That Larry Salander could have gotten into so much trouble over money is something that many of his closest friends would never have imagined, because money never seemed to be what drove him. His great passion, almost to the point of obsession, was not the business of art but art itself. A painter of some note, whose 1992 work Crucifixion is part of the Smithsonian’s collection, Salander had an almost childlike exuberance about art—“a tremendous enthusiasm,” says the New York dealer David Tunick—that people could sense just on meeting him. A big man, often dressed in his trademark T-shirts and baggy suits, Salander could be charming and gracious, like so many New York dealers, but he had an intensity and a bluntness, an unvarnished quality that set him apart. A man of strong emotions, he would speak about creativity and art in transcendent terms; the great masterpieces, he sometimes said, were the clearest proof that God existed. Salander loved art for its intrinsic beauty, its “aesthetic,” says Resika, as opposed to its place in art history or its price. This, many say, was reflected in the eclectic range of his gallery’s exhibitions. He would show contemporary American work one month, followed by an exhibition of Constable paintings and then Houdon sculptures.

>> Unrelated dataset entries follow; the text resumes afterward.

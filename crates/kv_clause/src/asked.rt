ghost use Rattle.std.specs.Prelude.{◌≡◌, ◌+◌, ◌≤◌, ◌<◌, ◌^◌, ◌++◌, IfOk, OnOk, map};
ghost use Rattle.sat_clause.specs.Literals.{variable_of, AreBelow};
ghost use Rattle.kv_clause.specs.Blocks.{literal_in};
ghost use Rattle.kv_clause.specs.Queries.{arrivals, asked, blocks_in, bounds_at, bounds_before, breaks_last, has_bound, lits_of};

use crate::bound::{Bound, BoundLits, Bounds};
use crate::query::Query;
use crate::template::Template;
use kv_base::{NoMemory, Sequence};
use sat_clause::{Lit, Lits};
use std::alloc::Global;

/// The literals of a query that a solver may assume: which blocks arrive, which breaks, and which bounds hold. The
/// query has from 1 to 256 blocks.
pub fn asked_literals(alloc: Global, t: &Template, q: &Query) -> Result<Lits, NoMemory>
    requires some { 1 ≤ blocks_in q.now }
    requires few { blocks_in q.now ≤ 256 }
    ensures { IfOk result (λ ls. ls ≡ asked t.now q.now) }
{
    match q {
        Query::Base { k } => breaking(alloc, t, *k),
        Query::Forward { k } => arriving(alloc, t, *k),
        Query::Step { k, under } => breaking_under(alloc, t, under, *k),
        Query::First { .. } => Ok(Sequence::new(alloc)),
        Query::Induct { .. } => Ok(Sequence::new(alloc)),
        Query::Closing { k, under } => breaking_under(alloc, t, under, *k),
    }
}

/// The breaks of the last of k blocks, with the bounds before each block.
fn breaking_under(alloc: Global, t: &Template, under: &Bounds, k: u32) -> Result<Lits, NoMemory>
    requires some { 1 ≤ k }
    requires few { k ≤ 256 }
    ensures { IfOk result (λ ls. ls ≡ bounds_before t.now under.now k ++ breaks_last t.now k) }
{
    let bounds = bound_literals(alloc, t, under)?;
    let mut made = Sequence::new(alloc);
    for i in 0..k {
        made.append(in_block_each(alloc, t, i, &bounds)?)?;
    }
    made.append(breaking(alloc, t, k)?)?;
    Ok(made)
}

/// The breaks of the last of k blocks.
fn breaking(alloc: Global, t: &Template, k: u32) -> Result<Lits, NoMemory>
    requires some { 1 ≤ k }
    requires few { k ≤ 256 }
    ensures { IfOk result (λ ls. ls ≡ breaks_last t.now k) }
{
    let mut made = arriving(alloc, t, k - 1)?;
    made.push(in_block(t, k - 1, t.broken))?;
    Ok(made)
}

/// The arrivals of k blocks.
pub(crate) fn arriving(alloc: Global, t: &Template, k: u32) -> Result<Lits, NoMemory>
    requires { k ≤ 256 }
    ensures { IfOk result (λ ls. ls ≡ arrivals t.now k) }
{
    let mut made = Sequence::new(alloc);
    for i in 0..k {
        made.push(in_block(t, i, t.next))?;
    }
    Ok(made)
}

/// What a literal of the template is in block i.
pub fn in_block(t: &Template, i: u32, lit: Lit) -> Lit
    requires near { i < 256 }
    requires below { variable_of lit < t.now.vars }
    ensures { result ≡ literal_in t.now i lit }
{
    lit.moved(u64::from(i) * (t.vars - t.state))
}

// What literals of the template are in block i.
/// These literals, in block i.
fn in_block_each(alloc: Global, t: &Template, i: u32, lits: &Lits) -> Result<Lits, NoMemory>
    requires near { i < 256 }
    requires below { AreBelow t.now.vars lits.now }
    ensures { IfOk result (λ ls. ls ≡ map (literal_in t.now i) lits.now) }
{
    let mut made = Sequence::new(alloc);
    for lit in lits.as_slice() {
        made.push(in_block(t, i, *lit))?;
    }
    Ok(made)
}

/// The literals that say in block i that the bounds hold at its beginning, in the candidates' order.
pub fn bounds_of_block(alloc: Global, t: &Template, set: &Bounds, i: u32) -> Result<Lits, NoMemory>
    requires { i < 256 }
    ensures { IfOk result (λ ls. ls ≡ bounds_at t.now set.now i) }
{
    let bounds = bound_literals(alloc, t, set)?;
    let made = in_block_each(alloc, t, i, &bounds)?;
    Ok(made)
}

// The literals of the candidates that stand in the set, in the candidates' order.
/// The literals of a set's bounds.
fn bound_literals(alloc: Global, t: &Template, set: &Bounds) -> Result<Lits, NoMemory>
    ensures value { IfOk result (λ ls. ls ≡ lits_of t.now.bounds set.now) }
    ensures below { IfOk result (AreBelow t.now.vars) }
{
    let mut made = Sequence::new(alloc);
    for candidate in t.bounds.as_slice() {
        if is_among(&candidate.bound, set) {
            made.push(candidate.lit)?;
        }
    }
    Ok(made)
}

/// Whether a set has a bound.
fn is_among(bound: &Bound, set: &Bounds) -> bool
    ensures { result ≡ has_bound set.now bound.now }
{
    set.as_slice().contains(bound)
}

What Salander would never allow in his gallery, however, was the art that is in so much demand today—the Pop art, conceptual work, avant-garde pieces, and celebrity productions whose prices have been driven to dizzying heights in the past several years by an army of new collectors. Damien Hirst, Jeff Koons, Jean-Michel Basquiat, Richard Prince—these were among the artists whose work Salander openly disdained. A classicist at heart, he regarded much of the new art as gimmicky and slick, as art created only for money. Such works, Salander felt, were “no longer about art,” says the sculptor Michael Steiner, “but about the people who buy art.”

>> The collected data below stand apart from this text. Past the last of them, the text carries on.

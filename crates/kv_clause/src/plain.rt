ghost use Rattle.std.specs.Prelude.{ℕ, ◌≡◌, ◌<◌, ◌≤◌, ◌+◌, [], Some, length, slice_get, OnOk, OnErr};
ghost use Rattle.kv_clause.specs.Blocks.{block_at};

use crate::block::{Block, shift};
use crate::blocks::Blocks;
use crate::template::Template;
use kv_base::NoMemory;
use std::alloc::Global;

/// Blocks of its own template, each made when it is first asked for.
#[derive(Drop)]
pub struct PlainBlocks {
    template: Template,
    blocks: u32,
    made: Vec<Block>,
    alloc: Global,
    ghost few: { blocks ≤ 256 },
    ghost row: { (k : ℕ) → k < length made.items → slice_get made.items k ≡ Some (block_at template k) },
}

impl PlainBlocks {
    /// So many blocks of the template, from 1 to 256. It takes no memory.
    pub fn new(alloc: Global, t: Template, blocks: u32) -> PlainBlocks
        requires some { 1 ≤ blocks }
        requires few { blocks ≤ 256 }
        ensures template { result.template ≡ t }
        ensures blocks { result.blocks ≡ blocks }
    {
        PlainBlocks {
            template: t,
            blocks,
            made: Vec::new(alloc),
            alloc,
        }
    }

    // Makes the blocks up to the one at i.
    /// Makes the blocks up to this one, if they aren't made yet.
    fn fill(&mut self, i: u32) -> Result<(), NoMemory>
        requires { i < self.old.blocks }
        ensures template { self.new.template ≡ self.old.template }
        ensures blocks { self.new.blocks ≡ self.old.blocks }
        ensures made { OnOk result (i < length self.new.made.items) }
    {
        while self.made.len() <= i as usize {
            let at = self.made.len() as u32;
            let block = shift(self.alloc, &self.template, at)?;
            self.made.push(block)?;
        }
        Ok(())
    }
}

impl Blocks for PlainBlocks {
    ghost of = { λ b. b.template };

    ghost count = { λ b. b.blocks };

    ghost ready = { λ _. Unit {0} };

    ghost Held = { Unit {0} };

    ghost held = { λ _. tt };

    fn template(&self) -> &Template {
        &self.template
    }

    fn block(&mut self, i: u32) -> Result<&Block, NoMemory> {
        self.fill(i)?;
        Ok(&self.made[i as usize])
    }
}
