ghost use Rattle.std.specs.Prelude.{ℕ, ◌≡◌, ◌<◌, ◌≤◌, IfOk, ⊤};
ghost use Rattle.std.specs.Borrow.{sem, follows_so};
ghost use mathlib.Core.Option.{none};
ghost use Rattle.kv_clause.specs.Blocks.{block_at};

use crate::block::Block;
use crate::template::Template;
use kv_base::NoMemory;

/// The blocks of one template, as many as there are.
pub trait Blocks {
    ghost use Rattle.kv_clause.specs.declared.template.Template.{Template as Made};

    ghost of: { Self → Made };

    ghost count: { Self → ℕ };

    // What a value must be for its calls, which no call ends.
    ghost ready: { Self → Type 0 };

    // What a value was made with, which no call changes.
    ghost Held: { Type 0 };

    ghost held: { Self → Held };

    /// The template that the blocks are of.
    fn template(&self) -> &Template
        requires { ready self.now }
        ensures { result.now ≡ of self.now };

    /// Block `i`, below the number of blocks. The template and the number of blocks stay, whatever the answer.
    fn block(&mut self, i: u32) -> Result<&Block, NoMemory>
        requires within { i < count self.old }
        requires ready { ready self.old }
        ensures* after { sem 𝓛 (follows_so Self.row Self.row self.entry.ghost_name none (λ _ _. ⊤) (λ n. (of n ≡ of self.old) × (count n ≡ count self.old) × (held n ≡ held self.old) × ready n)) }
        ensures value { IfOk result (λ b. b.now ≡ block_at (of self.old) i) };
}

In the past 20 years, since art-market prices first began to spike in the late 1980s, the kind of people who buy art has slowly evolved. While there have always been investors with extremely sophisticated taste who take the time to educate themselves about the art they buy, an increasingly large segment of investors has not bothered with connoisseurship and has simply bought art that was in vogue and likely to turn a profit. In the past six years, as the art market has exploded, this trend has become even more pronounced.